EXERCISE INSTRUCTIONS> In the listing below, start your output at the line with "laws; no function." and end it after the line with "bytes, are the", copying every line exactly.

INFORMATION>
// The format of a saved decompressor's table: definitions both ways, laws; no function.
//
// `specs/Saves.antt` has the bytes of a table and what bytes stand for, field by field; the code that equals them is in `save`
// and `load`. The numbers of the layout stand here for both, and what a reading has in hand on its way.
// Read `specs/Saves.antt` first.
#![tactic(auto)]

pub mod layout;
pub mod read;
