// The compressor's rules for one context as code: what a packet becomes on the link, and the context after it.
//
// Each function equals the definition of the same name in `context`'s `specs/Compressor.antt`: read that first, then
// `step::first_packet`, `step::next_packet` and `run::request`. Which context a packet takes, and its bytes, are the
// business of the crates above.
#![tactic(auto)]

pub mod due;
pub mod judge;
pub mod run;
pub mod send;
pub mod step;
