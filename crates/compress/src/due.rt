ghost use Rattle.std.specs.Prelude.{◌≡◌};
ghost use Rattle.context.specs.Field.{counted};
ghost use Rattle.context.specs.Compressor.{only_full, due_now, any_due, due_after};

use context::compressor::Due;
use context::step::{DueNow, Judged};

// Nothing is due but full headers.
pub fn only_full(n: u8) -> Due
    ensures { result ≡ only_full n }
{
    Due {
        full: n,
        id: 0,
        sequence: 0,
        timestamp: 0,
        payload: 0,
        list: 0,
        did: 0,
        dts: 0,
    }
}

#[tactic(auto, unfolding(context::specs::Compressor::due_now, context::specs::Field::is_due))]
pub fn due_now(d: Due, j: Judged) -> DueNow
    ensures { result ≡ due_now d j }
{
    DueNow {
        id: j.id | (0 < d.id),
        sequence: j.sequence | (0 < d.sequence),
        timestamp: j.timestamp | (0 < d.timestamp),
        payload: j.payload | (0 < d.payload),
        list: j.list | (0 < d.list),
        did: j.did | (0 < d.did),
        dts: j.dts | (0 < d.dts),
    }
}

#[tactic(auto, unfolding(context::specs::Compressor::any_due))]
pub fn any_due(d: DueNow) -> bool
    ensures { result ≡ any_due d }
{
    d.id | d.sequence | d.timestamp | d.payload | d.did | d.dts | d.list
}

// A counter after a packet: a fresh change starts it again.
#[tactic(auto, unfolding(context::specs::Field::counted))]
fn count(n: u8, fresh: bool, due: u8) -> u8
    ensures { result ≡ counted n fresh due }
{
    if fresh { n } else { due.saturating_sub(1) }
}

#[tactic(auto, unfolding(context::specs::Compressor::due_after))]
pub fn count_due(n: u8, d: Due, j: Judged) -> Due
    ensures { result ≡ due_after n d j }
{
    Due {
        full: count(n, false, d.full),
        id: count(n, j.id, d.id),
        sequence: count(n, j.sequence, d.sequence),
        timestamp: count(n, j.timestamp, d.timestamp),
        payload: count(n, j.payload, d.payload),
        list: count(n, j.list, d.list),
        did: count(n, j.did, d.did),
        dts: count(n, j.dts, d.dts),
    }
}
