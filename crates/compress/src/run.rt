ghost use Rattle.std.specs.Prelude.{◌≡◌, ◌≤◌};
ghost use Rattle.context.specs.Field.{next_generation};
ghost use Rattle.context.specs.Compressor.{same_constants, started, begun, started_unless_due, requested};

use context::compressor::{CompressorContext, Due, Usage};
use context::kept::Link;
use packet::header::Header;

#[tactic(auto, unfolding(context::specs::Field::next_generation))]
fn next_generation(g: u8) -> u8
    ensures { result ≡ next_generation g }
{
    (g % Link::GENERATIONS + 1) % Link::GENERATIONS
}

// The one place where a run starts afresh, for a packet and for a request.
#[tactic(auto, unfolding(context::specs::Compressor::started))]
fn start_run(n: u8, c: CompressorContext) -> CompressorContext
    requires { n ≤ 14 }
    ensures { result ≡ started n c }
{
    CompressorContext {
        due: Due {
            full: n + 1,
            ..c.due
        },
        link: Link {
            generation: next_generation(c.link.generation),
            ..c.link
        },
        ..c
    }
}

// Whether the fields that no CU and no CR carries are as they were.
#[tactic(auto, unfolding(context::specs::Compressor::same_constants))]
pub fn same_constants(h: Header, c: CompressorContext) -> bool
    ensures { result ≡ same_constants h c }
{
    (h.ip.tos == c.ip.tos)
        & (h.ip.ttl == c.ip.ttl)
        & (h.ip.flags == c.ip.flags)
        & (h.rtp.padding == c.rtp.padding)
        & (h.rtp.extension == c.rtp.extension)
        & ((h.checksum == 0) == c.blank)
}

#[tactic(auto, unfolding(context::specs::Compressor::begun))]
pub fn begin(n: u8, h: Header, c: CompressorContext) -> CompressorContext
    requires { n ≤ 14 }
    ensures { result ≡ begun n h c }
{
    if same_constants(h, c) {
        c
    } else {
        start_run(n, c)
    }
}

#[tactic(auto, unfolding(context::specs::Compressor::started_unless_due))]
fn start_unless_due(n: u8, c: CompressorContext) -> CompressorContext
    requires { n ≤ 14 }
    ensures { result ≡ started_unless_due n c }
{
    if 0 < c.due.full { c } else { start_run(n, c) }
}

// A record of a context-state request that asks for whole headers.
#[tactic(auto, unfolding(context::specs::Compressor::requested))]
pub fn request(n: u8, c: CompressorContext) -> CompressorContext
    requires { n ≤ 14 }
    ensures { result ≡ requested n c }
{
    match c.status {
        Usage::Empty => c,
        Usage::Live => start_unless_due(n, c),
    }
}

--

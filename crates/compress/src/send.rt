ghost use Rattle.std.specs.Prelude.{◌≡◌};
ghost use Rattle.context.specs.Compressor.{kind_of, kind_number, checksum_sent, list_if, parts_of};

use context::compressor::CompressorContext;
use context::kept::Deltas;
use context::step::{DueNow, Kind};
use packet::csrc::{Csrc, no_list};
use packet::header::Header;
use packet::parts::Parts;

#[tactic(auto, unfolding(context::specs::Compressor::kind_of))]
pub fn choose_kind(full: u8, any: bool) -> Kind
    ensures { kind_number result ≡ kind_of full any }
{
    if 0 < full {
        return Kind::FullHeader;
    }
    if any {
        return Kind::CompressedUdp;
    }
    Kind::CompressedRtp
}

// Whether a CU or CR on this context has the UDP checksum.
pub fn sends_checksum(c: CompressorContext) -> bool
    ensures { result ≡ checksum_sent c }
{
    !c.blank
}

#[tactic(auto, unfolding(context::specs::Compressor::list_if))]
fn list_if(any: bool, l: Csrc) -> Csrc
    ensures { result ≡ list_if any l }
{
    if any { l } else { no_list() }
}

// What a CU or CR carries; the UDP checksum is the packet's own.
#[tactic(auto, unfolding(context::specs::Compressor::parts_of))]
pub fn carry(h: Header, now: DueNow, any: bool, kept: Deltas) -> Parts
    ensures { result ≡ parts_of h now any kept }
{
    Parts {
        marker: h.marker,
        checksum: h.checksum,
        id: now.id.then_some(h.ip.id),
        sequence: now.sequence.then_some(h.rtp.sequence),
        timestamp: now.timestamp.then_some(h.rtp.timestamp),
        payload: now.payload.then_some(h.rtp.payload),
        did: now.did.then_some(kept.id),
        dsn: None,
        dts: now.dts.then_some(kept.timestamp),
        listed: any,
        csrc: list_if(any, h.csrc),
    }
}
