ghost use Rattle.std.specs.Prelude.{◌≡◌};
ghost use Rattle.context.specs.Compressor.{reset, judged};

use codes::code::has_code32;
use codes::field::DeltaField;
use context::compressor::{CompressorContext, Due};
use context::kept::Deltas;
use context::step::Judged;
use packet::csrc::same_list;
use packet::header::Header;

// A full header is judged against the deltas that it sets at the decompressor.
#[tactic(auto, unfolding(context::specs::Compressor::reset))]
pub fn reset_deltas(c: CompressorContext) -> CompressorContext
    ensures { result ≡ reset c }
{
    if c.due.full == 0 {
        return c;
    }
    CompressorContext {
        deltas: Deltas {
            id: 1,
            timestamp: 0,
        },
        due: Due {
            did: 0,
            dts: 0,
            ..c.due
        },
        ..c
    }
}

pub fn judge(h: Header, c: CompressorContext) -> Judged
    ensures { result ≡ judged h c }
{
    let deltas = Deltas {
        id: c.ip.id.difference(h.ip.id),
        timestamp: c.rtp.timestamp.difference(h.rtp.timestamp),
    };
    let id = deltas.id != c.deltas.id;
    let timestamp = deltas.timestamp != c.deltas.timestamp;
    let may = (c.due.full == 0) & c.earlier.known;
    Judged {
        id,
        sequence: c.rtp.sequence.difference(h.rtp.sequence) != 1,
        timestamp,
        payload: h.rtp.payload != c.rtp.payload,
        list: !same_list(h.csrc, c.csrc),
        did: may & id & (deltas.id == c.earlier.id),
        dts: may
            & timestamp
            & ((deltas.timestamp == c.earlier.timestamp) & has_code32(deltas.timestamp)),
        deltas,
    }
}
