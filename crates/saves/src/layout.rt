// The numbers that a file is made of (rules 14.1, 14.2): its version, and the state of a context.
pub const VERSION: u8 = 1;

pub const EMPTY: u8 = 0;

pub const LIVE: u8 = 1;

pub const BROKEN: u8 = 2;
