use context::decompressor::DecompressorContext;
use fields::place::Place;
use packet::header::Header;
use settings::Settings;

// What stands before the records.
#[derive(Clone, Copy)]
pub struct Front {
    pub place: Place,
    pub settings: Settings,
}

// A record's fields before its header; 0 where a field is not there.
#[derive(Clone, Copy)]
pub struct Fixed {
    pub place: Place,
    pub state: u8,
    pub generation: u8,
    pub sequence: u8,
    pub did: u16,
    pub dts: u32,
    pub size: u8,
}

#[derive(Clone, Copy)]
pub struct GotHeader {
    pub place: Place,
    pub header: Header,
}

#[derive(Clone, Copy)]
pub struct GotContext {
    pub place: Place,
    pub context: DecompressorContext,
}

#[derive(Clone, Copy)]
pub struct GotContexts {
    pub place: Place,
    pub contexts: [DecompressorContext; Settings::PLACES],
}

...

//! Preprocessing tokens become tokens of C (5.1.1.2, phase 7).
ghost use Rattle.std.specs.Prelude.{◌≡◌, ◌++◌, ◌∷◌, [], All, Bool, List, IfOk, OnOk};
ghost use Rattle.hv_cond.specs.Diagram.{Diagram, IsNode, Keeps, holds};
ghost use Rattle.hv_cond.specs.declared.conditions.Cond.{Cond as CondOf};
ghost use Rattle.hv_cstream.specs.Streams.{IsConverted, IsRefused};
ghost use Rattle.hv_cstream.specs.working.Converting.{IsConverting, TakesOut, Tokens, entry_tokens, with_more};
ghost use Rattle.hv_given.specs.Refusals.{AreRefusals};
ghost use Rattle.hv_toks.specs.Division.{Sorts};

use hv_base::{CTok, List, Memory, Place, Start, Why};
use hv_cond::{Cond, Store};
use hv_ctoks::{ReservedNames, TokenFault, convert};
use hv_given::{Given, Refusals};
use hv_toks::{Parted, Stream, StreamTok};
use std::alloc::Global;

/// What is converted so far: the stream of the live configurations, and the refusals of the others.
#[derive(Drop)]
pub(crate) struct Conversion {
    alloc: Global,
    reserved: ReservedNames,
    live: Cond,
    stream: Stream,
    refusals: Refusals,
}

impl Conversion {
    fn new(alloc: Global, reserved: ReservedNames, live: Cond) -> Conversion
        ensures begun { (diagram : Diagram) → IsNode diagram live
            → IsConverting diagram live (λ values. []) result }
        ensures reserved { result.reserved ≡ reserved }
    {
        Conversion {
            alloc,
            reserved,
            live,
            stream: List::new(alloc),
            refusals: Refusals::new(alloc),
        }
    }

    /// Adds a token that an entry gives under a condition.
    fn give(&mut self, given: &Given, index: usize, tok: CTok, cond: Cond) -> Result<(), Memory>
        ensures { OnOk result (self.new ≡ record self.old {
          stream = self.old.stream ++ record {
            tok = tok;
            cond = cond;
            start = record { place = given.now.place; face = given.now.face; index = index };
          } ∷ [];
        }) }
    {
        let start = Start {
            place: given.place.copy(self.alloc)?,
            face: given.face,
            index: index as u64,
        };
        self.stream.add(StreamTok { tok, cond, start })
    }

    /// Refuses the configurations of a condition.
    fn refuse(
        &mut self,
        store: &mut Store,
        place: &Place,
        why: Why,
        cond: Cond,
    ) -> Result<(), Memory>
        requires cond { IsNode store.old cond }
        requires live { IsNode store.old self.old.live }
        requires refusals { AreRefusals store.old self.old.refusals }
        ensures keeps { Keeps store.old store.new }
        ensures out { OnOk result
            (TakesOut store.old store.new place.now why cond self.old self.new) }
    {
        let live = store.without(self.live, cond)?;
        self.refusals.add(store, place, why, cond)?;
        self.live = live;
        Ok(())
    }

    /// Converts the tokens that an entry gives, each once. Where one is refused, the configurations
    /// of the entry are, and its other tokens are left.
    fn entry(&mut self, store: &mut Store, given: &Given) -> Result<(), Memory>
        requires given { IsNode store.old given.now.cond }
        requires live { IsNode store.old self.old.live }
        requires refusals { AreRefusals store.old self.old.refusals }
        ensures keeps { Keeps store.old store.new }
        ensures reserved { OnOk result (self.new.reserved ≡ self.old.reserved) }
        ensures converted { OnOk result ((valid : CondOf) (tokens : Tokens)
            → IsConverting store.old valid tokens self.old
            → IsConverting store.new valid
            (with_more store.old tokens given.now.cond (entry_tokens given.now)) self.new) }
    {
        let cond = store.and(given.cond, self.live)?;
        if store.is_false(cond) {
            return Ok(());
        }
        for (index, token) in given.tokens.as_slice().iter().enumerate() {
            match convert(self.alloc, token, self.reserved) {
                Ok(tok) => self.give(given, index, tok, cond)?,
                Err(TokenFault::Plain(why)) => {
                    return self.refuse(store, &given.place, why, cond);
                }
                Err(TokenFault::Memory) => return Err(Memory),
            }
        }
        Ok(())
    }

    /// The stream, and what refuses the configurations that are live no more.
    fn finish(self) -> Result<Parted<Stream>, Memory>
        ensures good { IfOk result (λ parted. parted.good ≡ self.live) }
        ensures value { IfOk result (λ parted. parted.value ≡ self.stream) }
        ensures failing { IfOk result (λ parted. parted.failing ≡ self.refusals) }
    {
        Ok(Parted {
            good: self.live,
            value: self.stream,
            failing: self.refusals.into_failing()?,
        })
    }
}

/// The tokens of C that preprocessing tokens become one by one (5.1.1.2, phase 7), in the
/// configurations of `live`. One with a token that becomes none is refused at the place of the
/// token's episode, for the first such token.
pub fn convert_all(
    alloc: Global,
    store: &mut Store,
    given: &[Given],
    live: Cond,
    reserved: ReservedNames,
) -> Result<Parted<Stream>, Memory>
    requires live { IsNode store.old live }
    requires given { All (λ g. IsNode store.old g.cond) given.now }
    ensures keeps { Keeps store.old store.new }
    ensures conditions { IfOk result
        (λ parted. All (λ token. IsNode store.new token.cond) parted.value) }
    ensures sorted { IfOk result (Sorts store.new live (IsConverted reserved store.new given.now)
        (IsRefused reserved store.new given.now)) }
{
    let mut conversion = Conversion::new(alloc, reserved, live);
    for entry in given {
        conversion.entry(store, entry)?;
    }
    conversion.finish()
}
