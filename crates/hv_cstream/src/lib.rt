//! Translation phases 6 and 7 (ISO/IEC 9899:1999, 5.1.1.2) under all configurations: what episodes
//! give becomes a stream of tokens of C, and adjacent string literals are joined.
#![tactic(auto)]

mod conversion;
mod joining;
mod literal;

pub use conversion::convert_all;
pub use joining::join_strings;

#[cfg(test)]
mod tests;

ANSWER TO THE EXERCISE>
// The format of a saved decompressor's table: definitions both ways, laws; no function.
//
// `specs/Saves.antt` has the bytes of a table and what bytes stand for, field by field; the code that equals them is in `save`
// and `load`. The numbers of the layout stand here for both, and what a reading has in hand on its way.
// Read `specs/Saves.antt` first.
#![tactic(auto)]

pub mod layout;
pub mod read;
// The compressor's rules for one context as code: what a packet becomes on the link, and the context after it.
//
// Each function equals the definition of the same name in `context`'s `specs/Compressor.antt`: read that first, then
// `step::first_packet`, `step::next_packet` and `run::request`. Which context a packet takes, and its bytes, are the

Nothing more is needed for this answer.